- Task instructions
Somewhere below are a line with "filename crates/table/src/targets.rt" and a later line with "if length >". Output exactly those lines and all lines between them.

── Stored data ──

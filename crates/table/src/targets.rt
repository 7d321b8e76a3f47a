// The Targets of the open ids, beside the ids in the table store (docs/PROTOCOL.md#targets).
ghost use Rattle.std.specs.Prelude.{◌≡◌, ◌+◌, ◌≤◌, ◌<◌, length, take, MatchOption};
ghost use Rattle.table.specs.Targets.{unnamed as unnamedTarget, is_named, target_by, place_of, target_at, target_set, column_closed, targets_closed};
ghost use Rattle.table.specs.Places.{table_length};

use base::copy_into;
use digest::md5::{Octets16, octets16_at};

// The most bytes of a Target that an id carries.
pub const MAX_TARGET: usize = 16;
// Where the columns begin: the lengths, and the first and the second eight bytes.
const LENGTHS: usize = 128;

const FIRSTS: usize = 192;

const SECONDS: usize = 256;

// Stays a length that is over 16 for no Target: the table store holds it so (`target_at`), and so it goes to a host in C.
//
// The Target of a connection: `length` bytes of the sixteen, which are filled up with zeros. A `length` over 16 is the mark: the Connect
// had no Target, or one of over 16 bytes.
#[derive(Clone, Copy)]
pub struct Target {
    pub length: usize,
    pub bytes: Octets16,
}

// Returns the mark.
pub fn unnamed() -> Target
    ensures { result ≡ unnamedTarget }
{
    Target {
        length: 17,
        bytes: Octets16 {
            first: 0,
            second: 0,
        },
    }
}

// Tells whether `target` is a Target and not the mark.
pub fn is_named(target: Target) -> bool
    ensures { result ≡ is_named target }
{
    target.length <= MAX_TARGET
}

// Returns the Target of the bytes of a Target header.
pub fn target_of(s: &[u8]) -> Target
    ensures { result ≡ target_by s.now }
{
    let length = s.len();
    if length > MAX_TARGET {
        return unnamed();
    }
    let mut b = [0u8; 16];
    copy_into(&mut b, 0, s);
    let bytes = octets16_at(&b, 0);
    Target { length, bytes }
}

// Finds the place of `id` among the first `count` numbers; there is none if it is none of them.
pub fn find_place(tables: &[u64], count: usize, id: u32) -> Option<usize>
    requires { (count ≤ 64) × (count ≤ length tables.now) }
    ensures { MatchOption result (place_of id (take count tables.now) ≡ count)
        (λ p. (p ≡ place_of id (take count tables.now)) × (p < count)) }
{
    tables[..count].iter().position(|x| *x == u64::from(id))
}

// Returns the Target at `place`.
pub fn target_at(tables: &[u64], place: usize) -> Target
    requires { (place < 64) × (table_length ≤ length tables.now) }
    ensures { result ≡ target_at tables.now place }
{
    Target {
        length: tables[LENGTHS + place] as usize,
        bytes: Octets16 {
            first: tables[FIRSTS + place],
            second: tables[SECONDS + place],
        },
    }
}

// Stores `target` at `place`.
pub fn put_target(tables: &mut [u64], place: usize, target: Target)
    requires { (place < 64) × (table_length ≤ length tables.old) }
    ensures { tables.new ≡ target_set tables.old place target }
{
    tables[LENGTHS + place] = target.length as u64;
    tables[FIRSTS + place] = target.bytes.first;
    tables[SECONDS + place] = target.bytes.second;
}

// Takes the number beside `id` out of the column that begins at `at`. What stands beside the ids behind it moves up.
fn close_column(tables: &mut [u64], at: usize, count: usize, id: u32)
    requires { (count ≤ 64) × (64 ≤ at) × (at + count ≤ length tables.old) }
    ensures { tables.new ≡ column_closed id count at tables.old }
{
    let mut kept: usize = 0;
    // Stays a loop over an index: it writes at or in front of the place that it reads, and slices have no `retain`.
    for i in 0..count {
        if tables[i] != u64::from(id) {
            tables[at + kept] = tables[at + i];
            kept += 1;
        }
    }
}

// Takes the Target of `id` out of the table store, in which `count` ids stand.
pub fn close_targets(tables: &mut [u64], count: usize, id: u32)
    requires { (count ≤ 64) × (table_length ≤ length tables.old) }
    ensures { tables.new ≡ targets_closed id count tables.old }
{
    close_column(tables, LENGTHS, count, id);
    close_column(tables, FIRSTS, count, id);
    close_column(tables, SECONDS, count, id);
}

───
── Stored data ──

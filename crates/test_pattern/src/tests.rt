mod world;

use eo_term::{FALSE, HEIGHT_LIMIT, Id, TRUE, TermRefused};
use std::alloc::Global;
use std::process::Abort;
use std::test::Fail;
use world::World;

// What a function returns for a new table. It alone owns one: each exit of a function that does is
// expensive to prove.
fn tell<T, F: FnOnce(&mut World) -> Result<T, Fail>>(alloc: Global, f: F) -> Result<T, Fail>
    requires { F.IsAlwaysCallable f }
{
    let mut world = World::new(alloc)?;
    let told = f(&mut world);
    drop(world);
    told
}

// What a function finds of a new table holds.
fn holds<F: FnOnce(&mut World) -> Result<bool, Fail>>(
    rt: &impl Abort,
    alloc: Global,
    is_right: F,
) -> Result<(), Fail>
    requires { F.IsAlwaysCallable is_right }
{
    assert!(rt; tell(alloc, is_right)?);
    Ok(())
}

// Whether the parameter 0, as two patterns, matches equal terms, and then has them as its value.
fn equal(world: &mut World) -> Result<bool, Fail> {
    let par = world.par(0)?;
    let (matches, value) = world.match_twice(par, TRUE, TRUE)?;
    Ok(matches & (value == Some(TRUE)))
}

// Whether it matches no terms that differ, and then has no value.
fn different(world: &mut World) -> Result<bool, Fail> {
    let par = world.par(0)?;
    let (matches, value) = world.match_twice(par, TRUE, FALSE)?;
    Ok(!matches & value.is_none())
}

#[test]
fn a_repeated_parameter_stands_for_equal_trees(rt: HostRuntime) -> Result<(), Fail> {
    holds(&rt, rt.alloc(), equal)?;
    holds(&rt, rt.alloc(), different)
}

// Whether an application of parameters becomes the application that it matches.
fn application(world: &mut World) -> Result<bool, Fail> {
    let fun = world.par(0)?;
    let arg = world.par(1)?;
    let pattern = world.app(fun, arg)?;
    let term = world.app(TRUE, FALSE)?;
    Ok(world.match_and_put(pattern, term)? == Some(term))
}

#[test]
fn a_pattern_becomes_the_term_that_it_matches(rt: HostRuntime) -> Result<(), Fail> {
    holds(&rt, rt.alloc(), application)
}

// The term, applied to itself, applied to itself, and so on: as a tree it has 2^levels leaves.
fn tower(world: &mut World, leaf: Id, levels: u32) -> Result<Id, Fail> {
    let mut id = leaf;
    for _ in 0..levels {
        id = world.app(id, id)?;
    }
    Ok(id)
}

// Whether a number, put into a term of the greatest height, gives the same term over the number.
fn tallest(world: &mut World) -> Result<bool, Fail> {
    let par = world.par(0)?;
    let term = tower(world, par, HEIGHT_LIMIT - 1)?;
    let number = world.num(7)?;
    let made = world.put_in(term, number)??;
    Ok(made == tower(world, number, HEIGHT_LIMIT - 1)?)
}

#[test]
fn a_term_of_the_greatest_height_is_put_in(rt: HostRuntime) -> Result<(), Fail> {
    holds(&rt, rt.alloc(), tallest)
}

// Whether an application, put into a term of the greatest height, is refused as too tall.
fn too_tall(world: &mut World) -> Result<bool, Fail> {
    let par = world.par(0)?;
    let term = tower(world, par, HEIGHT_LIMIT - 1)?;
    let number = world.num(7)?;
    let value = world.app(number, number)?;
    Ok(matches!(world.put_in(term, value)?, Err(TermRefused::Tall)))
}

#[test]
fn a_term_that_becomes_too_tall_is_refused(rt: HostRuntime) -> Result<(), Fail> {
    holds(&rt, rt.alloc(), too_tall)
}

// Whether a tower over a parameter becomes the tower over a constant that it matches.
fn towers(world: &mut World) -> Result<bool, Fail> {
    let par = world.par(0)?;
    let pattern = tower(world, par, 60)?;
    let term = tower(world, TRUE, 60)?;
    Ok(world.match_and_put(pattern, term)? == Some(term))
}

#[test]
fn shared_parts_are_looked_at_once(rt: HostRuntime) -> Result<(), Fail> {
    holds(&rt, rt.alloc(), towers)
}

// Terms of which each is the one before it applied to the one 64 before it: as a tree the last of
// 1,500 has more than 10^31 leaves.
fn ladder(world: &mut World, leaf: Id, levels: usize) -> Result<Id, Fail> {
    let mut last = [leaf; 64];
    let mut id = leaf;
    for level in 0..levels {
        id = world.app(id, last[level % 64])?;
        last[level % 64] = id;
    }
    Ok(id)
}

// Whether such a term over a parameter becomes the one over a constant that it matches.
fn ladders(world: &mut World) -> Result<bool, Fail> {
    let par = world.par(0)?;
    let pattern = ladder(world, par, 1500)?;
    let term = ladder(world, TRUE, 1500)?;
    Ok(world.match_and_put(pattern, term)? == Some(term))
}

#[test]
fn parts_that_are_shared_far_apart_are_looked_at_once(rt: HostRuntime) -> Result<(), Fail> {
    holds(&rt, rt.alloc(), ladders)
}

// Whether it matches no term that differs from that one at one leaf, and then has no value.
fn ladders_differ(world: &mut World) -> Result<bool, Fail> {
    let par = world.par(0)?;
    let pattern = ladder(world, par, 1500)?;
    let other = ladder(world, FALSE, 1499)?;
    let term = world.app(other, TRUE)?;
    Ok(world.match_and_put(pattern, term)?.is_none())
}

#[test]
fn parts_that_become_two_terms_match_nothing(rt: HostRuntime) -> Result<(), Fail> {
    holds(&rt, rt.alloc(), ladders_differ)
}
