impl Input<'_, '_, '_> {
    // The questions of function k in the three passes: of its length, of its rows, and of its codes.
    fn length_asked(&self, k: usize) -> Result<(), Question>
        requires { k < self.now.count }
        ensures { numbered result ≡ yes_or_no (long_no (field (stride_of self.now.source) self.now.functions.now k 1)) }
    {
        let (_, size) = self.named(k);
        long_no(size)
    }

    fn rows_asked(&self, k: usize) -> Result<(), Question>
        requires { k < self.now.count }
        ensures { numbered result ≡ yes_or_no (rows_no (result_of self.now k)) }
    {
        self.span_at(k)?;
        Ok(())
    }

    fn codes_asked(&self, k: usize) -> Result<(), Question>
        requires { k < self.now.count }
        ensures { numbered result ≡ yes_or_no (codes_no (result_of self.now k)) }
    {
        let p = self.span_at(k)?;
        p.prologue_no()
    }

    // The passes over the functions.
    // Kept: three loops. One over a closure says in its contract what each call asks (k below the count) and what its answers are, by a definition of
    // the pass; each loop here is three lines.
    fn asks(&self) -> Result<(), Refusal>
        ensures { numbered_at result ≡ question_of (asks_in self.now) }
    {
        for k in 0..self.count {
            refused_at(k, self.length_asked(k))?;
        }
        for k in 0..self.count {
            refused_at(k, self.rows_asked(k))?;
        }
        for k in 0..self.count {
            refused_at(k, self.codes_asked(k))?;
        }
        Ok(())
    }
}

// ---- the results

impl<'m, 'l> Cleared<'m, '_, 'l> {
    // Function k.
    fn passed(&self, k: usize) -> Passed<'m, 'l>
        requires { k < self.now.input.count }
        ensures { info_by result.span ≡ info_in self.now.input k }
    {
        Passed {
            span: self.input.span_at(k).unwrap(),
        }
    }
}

───
── Stored data ──

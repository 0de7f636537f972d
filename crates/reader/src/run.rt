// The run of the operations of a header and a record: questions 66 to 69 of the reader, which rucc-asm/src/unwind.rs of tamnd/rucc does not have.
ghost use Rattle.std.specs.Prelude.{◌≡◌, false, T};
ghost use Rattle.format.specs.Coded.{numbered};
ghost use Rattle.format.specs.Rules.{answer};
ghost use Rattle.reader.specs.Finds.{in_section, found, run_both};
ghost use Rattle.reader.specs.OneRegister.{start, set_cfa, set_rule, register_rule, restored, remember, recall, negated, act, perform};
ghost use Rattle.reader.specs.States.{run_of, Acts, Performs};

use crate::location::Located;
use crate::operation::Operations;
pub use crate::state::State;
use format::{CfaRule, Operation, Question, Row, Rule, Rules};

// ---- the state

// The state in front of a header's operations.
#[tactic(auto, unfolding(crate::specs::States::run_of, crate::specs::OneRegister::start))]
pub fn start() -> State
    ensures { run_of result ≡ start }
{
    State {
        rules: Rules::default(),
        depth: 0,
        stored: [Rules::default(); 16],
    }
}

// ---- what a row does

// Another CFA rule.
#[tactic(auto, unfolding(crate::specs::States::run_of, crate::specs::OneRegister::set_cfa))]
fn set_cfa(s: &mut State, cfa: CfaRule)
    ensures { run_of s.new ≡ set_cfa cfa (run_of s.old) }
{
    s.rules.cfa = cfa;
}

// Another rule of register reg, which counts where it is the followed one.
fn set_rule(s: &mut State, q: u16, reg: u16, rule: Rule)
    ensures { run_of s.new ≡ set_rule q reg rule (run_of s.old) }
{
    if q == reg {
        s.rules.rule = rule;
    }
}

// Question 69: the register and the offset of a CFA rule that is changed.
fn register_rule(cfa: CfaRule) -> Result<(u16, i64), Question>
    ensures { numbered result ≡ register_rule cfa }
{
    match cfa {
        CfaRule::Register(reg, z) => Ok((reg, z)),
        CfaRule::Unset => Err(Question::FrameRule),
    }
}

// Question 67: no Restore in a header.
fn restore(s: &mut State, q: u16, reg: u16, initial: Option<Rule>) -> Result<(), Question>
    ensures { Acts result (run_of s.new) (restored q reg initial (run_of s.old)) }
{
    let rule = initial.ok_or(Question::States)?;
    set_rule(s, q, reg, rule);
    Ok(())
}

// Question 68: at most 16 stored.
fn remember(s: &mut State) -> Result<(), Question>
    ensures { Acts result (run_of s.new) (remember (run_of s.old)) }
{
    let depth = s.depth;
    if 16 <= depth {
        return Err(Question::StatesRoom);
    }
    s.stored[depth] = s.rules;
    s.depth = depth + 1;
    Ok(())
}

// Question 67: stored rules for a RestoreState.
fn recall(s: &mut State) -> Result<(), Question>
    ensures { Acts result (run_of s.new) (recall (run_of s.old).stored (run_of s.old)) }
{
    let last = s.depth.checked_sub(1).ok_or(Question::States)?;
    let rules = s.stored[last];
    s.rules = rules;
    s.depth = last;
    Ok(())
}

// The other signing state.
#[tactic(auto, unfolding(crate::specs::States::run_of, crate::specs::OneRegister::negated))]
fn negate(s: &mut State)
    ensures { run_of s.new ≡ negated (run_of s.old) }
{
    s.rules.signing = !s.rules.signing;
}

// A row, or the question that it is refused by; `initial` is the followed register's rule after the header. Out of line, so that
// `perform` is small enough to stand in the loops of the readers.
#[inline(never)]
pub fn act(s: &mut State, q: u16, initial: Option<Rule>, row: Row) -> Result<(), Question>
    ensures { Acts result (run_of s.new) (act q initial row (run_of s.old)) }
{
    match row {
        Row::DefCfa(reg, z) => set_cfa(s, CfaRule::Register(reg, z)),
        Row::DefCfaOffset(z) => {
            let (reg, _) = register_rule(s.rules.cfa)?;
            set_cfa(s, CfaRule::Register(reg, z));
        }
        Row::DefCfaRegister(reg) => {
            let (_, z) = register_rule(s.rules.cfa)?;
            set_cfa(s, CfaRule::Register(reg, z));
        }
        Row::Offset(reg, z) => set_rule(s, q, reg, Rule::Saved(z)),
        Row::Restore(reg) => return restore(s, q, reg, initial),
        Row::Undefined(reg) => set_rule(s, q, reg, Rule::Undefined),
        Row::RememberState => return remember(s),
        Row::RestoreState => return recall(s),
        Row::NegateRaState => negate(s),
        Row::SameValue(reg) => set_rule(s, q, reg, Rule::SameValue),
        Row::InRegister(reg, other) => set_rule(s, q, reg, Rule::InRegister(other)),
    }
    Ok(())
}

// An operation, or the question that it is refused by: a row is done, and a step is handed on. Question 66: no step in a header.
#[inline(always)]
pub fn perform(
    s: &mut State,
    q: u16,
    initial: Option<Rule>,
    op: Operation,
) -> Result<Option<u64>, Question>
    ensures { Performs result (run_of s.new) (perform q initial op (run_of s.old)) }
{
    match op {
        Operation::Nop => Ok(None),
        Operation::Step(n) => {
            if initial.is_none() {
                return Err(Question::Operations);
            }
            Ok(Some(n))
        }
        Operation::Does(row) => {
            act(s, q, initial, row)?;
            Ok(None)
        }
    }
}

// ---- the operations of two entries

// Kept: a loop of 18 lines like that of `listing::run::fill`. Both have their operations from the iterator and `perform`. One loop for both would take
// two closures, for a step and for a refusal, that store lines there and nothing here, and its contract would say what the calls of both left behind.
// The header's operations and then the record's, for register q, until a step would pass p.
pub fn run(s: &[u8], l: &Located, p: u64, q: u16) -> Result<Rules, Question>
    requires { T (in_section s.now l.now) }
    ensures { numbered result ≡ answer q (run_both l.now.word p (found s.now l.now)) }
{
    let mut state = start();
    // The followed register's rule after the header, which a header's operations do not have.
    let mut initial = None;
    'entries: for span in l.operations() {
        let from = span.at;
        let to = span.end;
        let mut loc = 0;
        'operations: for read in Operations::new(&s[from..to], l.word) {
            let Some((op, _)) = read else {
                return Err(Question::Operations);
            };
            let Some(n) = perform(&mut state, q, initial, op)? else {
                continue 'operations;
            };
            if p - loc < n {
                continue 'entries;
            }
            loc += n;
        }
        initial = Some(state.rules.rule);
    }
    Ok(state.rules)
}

───

- Written answer
filename crates/table/src/targets.rt
repository 7d321b8e76a3f47a
// The Targets of the open ids, beside the ids in the table store (docs/PROTOCOL.md#targets).
ghost use Rattle.std.specs.Prelude.{◌≡◌, ◌+◌, ◌≤◌, ◌<◌, length, take, MatchOption};
ghost use Rattle.table.specs.Targets.{unnamed as unnamedTarget, is_named, target_by, place_of, target_at, target_set, column_closed, targets_closed};
ghost use Rattle.table.specs.Places.{table_length};

use base::copy_into;
use digest::md5::{Octets16, octets16_at};

// The most bytes of a Target that an id carries.
pub const MAX_TARGET: usize = 16;
// Where the columns begin: the lengths, and the first and the second eight bytes.
const LENGTHS: usize = 128;

const FIRSTS: usize = 192;

const SECONDS: usize = 256;

// Stays a length that is over 16 for no Target: the table store holds it so (`target_at`), and so it goes to a host in C.
//
// The Target of a connection: `length` bytes of the sixteen, which are filled up with zeros. A `length` over 16 is the mark: the Connect
// had no Target, or one of over 16 bytes.
#[derive(Clone, Copy)]
pub struct Target {
    pub length: usize,
    pub bytes: Octets16,
}

// Returns the mark.
pub fn unnamed() -> Target
    ensures { result ≡ unnamedTarget }
{
    Target {
        length: 17,
        bytes: Octets16 {
            first: 0,
            second: 0,
        },
    }
}

// Tells whether `target` is a Target and not the mark.
pub fn is_named(target: Target) -> bool
    ensures { result ≡ is_named target }
{
    target.length <= MAX_TARGET
}

// Returns the Target of the bytes of a Target header.
pub fn target_of(s: &[u8]) -> Target
    ensures { result ≡ target_by s.now }
{
    let length = s.len();
    if length > MAX_TARGET {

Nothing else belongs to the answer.